Globalization, Networking and the Local
Initially globalization was portrayed one-dimensionally as the triumph of space over place. For example, Caroline Thomas argued that the concept of globalization “refers broadly to the process where power is located in global social formations and expressed through global networks rather than through territorially-based states.” (In Steger, 30)
While most other analysts do not go so far as to foresee the end of the relevance of states, nonetheless, territory and place are often marginalized in their analyses. According to social theorists such as Manuel Castells, the “space of places” (territory, place, locality) are being subordinated to a “space of flows” – of commodities, capital, technology, ideas and culture across national boundaries. Both power and function are becoming organized in a space of flows. Thus, according to Castells, “the dominant tendency is towards a horizon of networked, ahistorical space of flows, aiming at imposing its logic over scattered, segmented places, increasingly unrelated to each other, less and less able to share cultural codes.” (Vol. 1, 428) 4 This has considerable consequence for agency. According to Harvey groups opposed to globalization are better able “to command place better than space.” (Harvey in Dirlik, 19) In Harvey’s words oppositional groups “are relatively empowered to organize in place but dis-empowered when it comes to organizing over space.” (19)
Viewed from this perspective a one-sided optics of globalization emerges with the global becoming the dominant unit of analysis to the relative exclusion of place and territory. In recent years, however, there has been a growing awareness of how messy, complex and contradictory globalization is. (Kellner) Other analysts reject the notion of place as static and bounded. Doreen Massey, for example, sees place as “open and porous networks of social relations.” (Massey in Rosenau, 80) According to Massey places are produced through social contestation and are inseparable from globalization in its various manifestations – trade, finance, production, migration, and social movements. Place thus has a dynamic, interactive relationship with the global. Building upon Massey Laura Chernaik insists that:
Harvey’s expression, ‘place-bound’ is quite misleading; local practices are not bound to place but are potentially possible to articulate through space, globally. The form that this global articulation takes, though, is more often a network than a system; a coalition of specific, different groups rather than a universalization of any one political identity. (In Dirlik, 20)
In this perspective networks provide the bridge by which the global and place are linked thus facilitating a complex relationship between the two. James Rosenau comes to much the same conclusion arguing, for example, that a focus solely on the global occludes as much as it reveals. Rather, he argues:
Globalization is but one component of the transformative dynamics that underlie the emergence of a new epoch in the human condition. It is, to be sure, a major component, but all too many analyses suffer from treating it as the primary component and thus risk underplaying the complexity of the emergent epoch. (8) 5 There is a need, for example, to recognize that localization (place) is also a powerful force at work throughout the world.
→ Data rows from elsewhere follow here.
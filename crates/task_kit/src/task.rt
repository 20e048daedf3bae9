//! A task that keeps its actions as lists.

ghost use Rattle.std.specs.Prelude.{◌≡◌, ◌+◌};
ghost use Rattle.task_kit.specs.Tasks.{IsTask};
ghost use Rattle.task_kit.specs.Kept.{task_meaning};

use crate::action::TaskAction;
use crate::atoms::{has_all, least_missing, put_all, take_all};
use crate::view::TaskView;
use mre_base::{Bits, List};

/// A task on numbers that keeps its actions as lists. The start and the adds are below `atoms`; the
/// goal, the preconditions and the deletes are at most `atoms`. Each set is one number wider than
/// `atoms`.
#[derive(Debug)]
pub struct Task {
    pub atoms: u32,
    pub start: Bits,
    pub goal: Bits,
    pub actions: List<TaskAction>,
    ghost start_width: { start.width ≡ atoms + 1 },
    ghost goal_width: { goal.width ≡ atoms + 1 },
    ghost in_range: { IsTask (task_meaning atoms start goal actions) },
}

impl Drop for Task {
    fn drop(self) {
        let Task {
            atoms: _,
            start: _,
            goal: _,
            actions: _,
        } = self;
    }
}

impl TaskView for Task {
    ghost seen = { λ t. task_meaning t.atoms t.start t.goal t.actions };

    fn atoms(&self) -> u32 {
        self.atoms
    }

    fn start(&self) -> &Bits {
        &self.start
    }

    fn goal(&self) -> &Bits {
        &self.goal
    }

    fn actions(&self) -> u32 {
        self.actions.len() as u32
    }

    fn cost(&self, action: u32) -> Option<u32> {
        self.actions.item(action as usize).cost
    }

    fn applies(&self, action: u32, state: &Bits) -> bool {
        let action = self.actions.item(action as usize);
        action.cost.is_some() && has_all(state, action.pre.as_slice())
    }

    fn missing(&self, action: u32, state: &Bits) -> Option<u32> {
        let action = self.actions.item(action as usize);
        least_missing(state, action.pre.as_slice())
    }

    fn next_into(&self, action: u32, state: &Bits, into: &mut Bits) {
        let action = self.actions.item(action as usize);
        into.copy_from(state);
        take_all(into, action.del.as_slice());
        put_all(into, action.add.as_slice());
    }

    fn adds_outside(&self, action: u32, among: &Bits) -> bool {
        let action = self.actions.item(action as usize);
        !has_all(among, action.add.as_slice())
    }

    fn outside(&self, action: u32, among: &Bits) -> Option<u32> {
        let action = self.actions.item(action as usize);
        least_missing(among, action.add.as_slice())
    }
}
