//! The laws of bounds and of cuts, as functions whose contracts state them.

ghost use Rattle.task_kit.specs.Bounds.{BoundLaw};
ghost use Rattle.task_kit.specs.Cuts.{CutLaw};

/// If numbered states include the start and, of each of them, every successor below a bound, then
/// no valid list costs less than the bound.
pub fn law_bounds()
    ensures { BoundLaw }
{}

/// Every list from a state to the goal costs at least the sum of the weights of the state's lawful
/// cuts.
pub fn law_cuts()
    ensures { CutLaw }
{}
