//! Cuts of a state.

use mre_base::List;

/// A cut of a state of a task with `n` atoms: a weight, and a set that every list from the state to
/// the goal has to leave. The set has all numbers below `n` but the listed ones.
#[derive(Debug, Drop)]
pub struct Cut {
    pub weight: u64,
    pub lacks: List<u32>,
}

/// The cuts of one state.
pub type Cuts = List<Cut>;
Moreover, argues Rosenau, the two are inseparable, “there can be no global without the local.” (85) Rosenau refers to two expressions “distant proximities” and “fragmegration” to capture the complex interplay between globalization and localization, and the integrative and disintegrative forces at play in world affairs.1 Moreover, claims Rosenau:
Locating distant proximities at the center of our perspectives on politics enables us to avoid the disciplinary trap of maintaining an analytic separation between foreign and domestic politics, as is the case when international politics and comparative politics are treated as different fields of inquiry with each holding constant the dynamics at work in the other. (5)
Like Chernaik, Rosenau agrees on the centrality of networks as a link between the global and the local. Importantly, the spread of horizontal networks can be viewed as “serving to restructure the underpinnings of world affairs.” (62)
According to Rosenau networks symbolize the world explosion in connectivity between organizations. Although networks are known for “voluntary, reciprocal, and horizontal patterns of communication and exchange” as organizations they do have structure. (Keck and Sikkink, 8) Commonly networks are “defined as a set of organizational arrangements midway between horizontal coordination (markets) and vertical coordination (hierarchies.” (Courchene in Rosenau, 59) In addition, as Hardtmann notes, networks are highly elastic, “they may be stretched out over vast geographical distances, or rapidly reduced for narrower situations.” (24) 6 Thus networks can traverse a broad range of organizational relationships from face-to-face relations to the local, regional, national and beyond. The Dalits, as we shall see, have proven adept at moving across this entire spectrum of local to global politics. As such networks can serve as catalysts of empowerment and agency from below for marginalized groups and social movements.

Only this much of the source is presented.